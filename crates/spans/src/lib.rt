//! Tests on what a command did: whether two things are one, what its calls came to, and whom it promoted.
#![tactic(auto)]

mod calls;
mod copying;
mod equality;
mod lists;
mod promotion;
mod same;
mod watching;

pub use calls::{
    Needed, before_intent, call_refuses, from_taking, is_call, is_intended, is_promoted_answer,
    is_to, topology_refuses,
};
pub use copying::calls_of;
pub use equality::{position_eq, record_or_none_eq, shard_name_eq, standing_eq};
pub use lists::same_row;
pub use promotion::{is_promoted, records_it};
pub use same::{is_this, refusal_eq};
pub use watching::{findings_eq, lines_eq};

ASSIGNMENT:
From the data above, copy each line exactly.

ANSWER SECTION:
filename crates/spans/src/lib.rt
//! Tests on what a command did: whether two things are one, what its calls came to, and whom it promoted.
#![tactic(auto)]

mod calls;
mod copying;
mod equality;
mod lists;
mod promotion;
mod same;
mod watching;

pub use calls::{
    Needed, before_intent, call_refuses, from_taking, is_call, is_intended, is_promoted_answer,
    is_to, topology_refuses,
};
pub use copying::calls_of;
pub use equality::{position_eq, record_or_none_eq, shard_name_eq, standing_eq};
pub use lists::same_row;
pub use promotion::{is_promoted, records_it};
pub use same::{is_this, refusal_eq};
pub use watching::{findings_eq, lines_eq};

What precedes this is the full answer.